▶ **EXERCISE GOAL**
Which lines of the data contain the string "once"? Copy every one of them.

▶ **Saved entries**
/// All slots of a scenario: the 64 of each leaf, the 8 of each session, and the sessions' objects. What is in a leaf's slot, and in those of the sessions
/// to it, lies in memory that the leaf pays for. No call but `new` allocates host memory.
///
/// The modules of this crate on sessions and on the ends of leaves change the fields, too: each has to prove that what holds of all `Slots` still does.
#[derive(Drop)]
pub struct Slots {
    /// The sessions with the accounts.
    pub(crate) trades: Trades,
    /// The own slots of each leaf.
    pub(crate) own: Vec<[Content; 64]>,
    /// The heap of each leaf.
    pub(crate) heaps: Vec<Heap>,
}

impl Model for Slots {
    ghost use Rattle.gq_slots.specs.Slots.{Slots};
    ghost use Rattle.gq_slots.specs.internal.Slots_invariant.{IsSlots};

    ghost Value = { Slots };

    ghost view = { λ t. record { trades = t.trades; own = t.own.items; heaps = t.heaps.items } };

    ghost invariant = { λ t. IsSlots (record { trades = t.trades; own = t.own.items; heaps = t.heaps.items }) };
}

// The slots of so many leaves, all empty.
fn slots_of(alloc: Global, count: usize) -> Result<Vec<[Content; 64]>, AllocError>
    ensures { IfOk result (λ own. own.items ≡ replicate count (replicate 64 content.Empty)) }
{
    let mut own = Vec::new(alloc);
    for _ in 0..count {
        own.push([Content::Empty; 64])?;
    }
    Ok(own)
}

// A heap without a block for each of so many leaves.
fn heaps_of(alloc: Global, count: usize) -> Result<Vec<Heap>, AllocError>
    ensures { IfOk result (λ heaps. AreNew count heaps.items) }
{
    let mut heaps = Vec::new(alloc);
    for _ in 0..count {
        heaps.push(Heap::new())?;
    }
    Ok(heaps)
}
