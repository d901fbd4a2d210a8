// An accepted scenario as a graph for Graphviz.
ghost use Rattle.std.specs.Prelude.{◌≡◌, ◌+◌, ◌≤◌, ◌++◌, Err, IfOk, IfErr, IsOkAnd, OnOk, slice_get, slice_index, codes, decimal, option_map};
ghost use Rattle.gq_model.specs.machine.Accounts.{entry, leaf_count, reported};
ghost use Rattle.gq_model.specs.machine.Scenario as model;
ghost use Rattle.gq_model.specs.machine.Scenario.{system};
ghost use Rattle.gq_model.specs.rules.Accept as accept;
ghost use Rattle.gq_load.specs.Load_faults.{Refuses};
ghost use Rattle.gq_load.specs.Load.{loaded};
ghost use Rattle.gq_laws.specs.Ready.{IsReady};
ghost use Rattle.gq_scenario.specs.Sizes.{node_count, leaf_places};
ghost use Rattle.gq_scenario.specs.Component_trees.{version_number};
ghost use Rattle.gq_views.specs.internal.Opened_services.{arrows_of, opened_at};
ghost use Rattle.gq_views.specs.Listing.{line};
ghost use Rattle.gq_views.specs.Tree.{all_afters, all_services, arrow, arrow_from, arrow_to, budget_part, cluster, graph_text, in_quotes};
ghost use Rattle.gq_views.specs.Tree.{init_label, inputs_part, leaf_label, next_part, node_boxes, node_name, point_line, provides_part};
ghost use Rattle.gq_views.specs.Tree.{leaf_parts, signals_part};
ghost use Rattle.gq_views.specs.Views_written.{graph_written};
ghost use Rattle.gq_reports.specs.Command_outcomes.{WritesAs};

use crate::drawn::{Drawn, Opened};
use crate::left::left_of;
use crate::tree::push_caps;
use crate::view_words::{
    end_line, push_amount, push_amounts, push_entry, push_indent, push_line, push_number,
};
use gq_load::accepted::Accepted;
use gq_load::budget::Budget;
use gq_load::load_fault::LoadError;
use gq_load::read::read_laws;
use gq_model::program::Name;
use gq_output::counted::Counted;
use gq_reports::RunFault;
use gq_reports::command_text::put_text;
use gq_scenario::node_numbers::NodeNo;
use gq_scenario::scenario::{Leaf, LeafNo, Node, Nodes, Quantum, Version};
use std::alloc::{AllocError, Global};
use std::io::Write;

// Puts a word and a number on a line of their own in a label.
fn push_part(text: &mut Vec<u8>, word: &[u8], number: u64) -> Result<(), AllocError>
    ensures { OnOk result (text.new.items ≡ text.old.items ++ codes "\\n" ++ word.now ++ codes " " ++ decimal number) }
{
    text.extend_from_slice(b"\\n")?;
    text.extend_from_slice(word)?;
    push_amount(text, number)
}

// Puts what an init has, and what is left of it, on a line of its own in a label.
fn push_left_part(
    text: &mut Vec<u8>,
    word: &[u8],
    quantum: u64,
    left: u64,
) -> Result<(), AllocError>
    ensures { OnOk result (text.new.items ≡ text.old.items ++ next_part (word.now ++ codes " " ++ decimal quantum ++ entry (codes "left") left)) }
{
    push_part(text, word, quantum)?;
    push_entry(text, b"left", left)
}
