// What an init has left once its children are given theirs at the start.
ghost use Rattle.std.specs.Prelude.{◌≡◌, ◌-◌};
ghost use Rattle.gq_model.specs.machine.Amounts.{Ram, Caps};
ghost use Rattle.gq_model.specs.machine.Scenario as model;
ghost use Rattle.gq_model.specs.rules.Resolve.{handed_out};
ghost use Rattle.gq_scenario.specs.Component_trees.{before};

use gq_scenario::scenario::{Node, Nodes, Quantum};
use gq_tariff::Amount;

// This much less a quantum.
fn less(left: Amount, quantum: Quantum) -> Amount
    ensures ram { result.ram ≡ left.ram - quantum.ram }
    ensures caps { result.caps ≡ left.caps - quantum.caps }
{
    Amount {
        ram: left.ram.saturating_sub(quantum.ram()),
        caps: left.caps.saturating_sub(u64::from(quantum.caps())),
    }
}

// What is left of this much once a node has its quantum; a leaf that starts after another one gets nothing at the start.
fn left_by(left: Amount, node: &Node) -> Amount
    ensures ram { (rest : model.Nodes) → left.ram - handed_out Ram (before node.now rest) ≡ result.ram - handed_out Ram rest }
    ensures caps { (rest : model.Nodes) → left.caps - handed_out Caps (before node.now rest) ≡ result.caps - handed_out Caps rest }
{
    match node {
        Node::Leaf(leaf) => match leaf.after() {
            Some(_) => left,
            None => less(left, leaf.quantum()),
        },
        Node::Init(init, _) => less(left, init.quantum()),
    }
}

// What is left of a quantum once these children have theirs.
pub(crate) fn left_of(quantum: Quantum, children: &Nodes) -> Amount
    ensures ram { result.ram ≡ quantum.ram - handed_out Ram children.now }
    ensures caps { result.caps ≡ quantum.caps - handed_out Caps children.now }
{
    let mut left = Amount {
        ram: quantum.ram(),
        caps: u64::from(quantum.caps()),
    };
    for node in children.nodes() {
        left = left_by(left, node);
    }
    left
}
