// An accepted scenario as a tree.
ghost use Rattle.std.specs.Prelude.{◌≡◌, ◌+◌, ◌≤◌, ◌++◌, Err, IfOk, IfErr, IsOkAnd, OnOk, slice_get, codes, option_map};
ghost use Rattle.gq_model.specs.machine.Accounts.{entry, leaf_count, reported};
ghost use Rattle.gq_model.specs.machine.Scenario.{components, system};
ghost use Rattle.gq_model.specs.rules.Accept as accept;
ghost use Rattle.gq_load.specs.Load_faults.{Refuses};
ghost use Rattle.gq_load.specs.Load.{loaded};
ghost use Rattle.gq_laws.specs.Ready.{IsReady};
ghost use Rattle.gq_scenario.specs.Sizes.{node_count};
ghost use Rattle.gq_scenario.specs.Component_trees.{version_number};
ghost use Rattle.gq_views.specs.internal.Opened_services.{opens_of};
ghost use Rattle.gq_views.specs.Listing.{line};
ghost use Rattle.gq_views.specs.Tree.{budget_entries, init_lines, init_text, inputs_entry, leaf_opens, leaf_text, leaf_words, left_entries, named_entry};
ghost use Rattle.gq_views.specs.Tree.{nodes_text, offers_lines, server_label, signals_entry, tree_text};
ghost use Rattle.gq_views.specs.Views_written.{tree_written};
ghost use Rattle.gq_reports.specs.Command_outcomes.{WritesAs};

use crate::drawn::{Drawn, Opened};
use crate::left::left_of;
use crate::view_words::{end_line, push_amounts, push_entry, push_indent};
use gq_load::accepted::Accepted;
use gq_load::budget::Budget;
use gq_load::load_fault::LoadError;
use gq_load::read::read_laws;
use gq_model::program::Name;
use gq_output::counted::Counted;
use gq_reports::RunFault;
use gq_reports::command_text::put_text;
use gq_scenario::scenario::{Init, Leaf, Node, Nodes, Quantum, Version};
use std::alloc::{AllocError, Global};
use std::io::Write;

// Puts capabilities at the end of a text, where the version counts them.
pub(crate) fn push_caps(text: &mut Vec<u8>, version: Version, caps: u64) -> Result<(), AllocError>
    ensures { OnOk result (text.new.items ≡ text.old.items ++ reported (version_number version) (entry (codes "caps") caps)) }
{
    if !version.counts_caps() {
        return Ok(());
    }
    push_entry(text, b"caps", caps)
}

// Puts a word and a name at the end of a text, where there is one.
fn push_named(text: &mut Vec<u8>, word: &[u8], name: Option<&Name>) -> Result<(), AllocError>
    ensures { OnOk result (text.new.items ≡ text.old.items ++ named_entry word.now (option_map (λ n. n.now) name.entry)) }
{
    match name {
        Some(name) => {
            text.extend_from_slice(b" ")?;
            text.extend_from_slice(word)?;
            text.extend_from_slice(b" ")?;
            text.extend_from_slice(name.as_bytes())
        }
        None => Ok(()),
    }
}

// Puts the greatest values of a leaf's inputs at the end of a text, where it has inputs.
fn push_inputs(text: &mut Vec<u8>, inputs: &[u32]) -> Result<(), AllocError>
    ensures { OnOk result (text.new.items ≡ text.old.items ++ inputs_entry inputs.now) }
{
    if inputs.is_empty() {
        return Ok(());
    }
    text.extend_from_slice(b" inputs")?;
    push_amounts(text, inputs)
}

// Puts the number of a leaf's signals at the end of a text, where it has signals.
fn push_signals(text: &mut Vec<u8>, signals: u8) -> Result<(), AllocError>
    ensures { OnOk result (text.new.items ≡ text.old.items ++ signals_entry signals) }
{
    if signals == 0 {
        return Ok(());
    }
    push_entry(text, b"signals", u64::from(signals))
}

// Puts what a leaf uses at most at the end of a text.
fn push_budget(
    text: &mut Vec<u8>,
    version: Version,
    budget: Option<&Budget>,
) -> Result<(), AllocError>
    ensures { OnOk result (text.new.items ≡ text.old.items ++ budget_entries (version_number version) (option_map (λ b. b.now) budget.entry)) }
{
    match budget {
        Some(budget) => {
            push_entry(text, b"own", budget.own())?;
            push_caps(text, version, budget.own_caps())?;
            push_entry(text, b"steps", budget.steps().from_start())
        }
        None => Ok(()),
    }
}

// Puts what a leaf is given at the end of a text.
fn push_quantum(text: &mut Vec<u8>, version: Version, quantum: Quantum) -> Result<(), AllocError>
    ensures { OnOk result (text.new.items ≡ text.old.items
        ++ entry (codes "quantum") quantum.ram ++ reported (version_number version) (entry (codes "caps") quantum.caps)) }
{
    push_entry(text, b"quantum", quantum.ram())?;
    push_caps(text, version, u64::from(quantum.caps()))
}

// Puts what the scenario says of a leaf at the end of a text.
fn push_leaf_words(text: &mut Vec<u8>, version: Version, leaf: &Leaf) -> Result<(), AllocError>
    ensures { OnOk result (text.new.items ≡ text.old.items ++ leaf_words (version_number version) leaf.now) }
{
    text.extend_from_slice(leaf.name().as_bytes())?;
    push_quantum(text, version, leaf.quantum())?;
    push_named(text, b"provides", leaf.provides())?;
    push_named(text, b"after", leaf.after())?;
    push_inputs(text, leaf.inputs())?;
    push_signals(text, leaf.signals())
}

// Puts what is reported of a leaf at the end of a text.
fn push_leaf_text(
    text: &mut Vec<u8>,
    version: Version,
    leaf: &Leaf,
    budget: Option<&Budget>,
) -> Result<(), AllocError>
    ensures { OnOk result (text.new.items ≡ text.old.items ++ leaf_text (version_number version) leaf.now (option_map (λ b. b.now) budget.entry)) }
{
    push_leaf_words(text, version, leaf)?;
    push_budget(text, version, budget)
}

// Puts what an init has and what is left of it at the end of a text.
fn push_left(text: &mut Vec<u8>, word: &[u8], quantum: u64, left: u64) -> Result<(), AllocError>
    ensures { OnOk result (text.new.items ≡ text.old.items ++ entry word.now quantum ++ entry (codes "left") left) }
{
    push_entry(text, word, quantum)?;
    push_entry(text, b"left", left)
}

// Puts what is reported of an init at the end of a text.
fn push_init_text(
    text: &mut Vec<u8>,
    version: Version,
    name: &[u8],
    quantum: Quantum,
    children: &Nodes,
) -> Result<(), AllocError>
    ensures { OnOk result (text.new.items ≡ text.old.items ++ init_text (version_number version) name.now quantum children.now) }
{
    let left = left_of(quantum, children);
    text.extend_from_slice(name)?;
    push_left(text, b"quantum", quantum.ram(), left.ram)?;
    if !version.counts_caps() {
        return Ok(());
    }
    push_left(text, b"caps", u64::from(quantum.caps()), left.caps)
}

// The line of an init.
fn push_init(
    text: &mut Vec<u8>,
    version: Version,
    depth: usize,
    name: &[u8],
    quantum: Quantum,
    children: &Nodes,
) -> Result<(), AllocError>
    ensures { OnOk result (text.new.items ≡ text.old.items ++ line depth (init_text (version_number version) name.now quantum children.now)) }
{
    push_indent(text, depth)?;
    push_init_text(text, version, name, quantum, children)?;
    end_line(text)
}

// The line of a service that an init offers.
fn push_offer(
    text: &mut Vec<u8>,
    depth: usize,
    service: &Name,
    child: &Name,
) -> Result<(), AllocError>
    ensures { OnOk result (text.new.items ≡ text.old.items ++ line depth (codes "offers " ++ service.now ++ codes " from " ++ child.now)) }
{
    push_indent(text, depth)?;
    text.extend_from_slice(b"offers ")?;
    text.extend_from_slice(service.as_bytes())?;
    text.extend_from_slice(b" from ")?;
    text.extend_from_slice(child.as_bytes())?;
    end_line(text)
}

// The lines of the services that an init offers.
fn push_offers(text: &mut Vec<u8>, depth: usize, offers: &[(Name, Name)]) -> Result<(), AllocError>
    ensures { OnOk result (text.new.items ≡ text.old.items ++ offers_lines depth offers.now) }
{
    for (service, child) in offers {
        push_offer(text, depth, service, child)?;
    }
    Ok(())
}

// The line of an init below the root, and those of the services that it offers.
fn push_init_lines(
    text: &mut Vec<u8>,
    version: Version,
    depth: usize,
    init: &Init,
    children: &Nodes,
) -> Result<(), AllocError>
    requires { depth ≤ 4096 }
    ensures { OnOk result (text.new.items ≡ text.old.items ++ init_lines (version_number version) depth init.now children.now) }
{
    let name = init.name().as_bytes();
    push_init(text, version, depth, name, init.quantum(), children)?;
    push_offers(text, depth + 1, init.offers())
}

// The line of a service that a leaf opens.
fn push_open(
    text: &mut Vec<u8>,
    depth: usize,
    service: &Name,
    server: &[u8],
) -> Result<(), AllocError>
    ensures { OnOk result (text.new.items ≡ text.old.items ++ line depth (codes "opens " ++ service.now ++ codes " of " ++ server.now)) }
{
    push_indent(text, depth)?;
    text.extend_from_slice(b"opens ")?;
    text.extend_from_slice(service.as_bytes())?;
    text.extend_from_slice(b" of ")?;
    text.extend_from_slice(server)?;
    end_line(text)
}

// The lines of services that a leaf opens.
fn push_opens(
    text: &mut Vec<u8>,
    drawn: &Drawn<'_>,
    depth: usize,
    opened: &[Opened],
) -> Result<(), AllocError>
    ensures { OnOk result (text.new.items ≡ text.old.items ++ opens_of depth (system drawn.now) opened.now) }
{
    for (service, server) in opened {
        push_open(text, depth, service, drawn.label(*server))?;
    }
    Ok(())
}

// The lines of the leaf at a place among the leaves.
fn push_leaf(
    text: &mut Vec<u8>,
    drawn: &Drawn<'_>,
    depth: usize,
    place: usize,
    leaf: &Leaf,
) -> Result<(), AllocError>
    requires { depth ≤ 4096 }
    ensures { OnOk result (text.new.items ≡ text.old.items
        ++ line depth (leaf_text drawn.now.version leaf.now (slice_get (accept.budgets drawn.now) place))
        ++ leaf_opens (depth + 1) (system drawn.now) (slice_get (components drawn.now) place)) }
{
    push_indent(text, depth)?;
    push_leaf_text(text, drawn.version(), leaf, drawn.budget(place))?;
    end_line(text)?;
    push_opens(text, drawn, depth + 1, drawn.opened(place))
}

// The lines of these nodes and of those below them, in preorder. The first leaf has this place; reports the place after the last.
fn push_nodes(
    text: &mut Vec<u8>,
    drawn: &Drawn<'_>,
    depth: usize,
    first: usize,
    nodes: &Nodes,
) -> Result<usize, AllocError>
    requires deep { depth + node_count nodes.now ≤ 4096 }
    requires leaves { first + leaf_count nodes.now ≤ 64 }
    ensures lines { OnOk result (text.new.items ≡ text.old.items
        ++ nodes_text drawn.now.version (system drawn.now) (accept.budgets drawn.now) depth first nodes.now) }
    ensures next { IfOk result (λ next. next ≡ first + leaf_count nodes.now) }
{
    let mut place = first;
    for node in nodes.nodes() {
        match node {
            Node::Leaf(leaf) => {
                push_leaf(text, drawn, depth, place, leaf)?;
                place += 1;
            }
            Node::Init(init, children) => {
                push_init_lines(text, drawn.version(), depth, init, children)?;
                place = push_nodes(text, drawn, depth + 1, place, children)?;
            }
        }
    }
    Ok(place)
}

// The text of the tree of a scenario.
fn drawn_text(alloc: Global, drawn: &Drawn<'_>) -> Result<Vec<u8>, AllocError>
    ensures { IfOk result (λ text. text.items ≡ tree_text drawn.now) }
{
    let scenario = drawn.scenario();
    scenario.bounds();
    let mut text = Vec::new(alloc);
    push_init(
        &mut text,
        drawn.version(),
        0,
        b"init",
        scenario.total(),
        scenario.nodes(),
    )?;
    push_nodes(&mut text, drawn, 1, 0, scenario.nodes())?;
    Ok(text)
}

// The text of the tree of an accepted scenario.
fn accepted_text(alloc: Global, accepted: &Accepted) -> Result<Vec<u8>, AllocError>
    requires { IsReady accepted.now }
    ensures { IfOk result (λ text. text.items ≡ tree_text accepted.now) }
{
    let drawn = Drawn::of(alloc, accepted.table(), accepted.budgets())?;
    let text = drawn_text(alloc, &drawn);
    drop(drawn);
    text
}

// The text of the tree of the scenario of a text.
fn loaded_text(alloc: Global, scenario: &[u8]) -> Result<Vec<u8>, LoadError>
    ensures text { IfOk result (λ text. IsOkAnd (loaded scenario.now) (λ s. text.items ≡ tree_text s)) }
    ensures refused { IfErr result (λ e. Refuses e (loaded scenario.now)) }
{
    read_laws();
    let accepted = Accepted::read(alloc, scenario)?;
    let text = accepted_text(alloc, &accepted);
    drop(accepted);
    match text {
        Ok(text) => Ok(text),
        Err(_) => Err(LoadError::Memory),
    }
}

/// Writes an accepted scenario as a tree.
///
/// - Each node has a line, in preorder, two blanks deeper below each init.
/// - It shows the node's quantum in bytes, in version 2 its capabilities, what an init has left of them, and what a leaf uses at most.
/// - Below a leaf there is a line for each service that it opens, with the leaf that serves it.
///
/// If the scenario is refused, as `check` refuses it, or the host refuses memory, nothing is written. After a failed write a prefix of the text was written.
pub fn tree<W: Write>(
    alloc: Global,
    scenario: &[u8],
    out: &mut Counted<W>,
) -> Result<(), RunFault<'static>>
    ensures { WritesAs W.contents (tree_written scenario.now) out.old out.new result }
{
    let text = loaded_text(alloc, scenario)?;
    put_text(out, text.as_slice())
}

▶ **EXERCISE OUTPUT**
// What an init has left once its children are given theirs at the start.
// What is left of this much once a node has its quantum; a leaf that starts after another one gets nothing at the start.
// What is left of a quantum once these children have theirs.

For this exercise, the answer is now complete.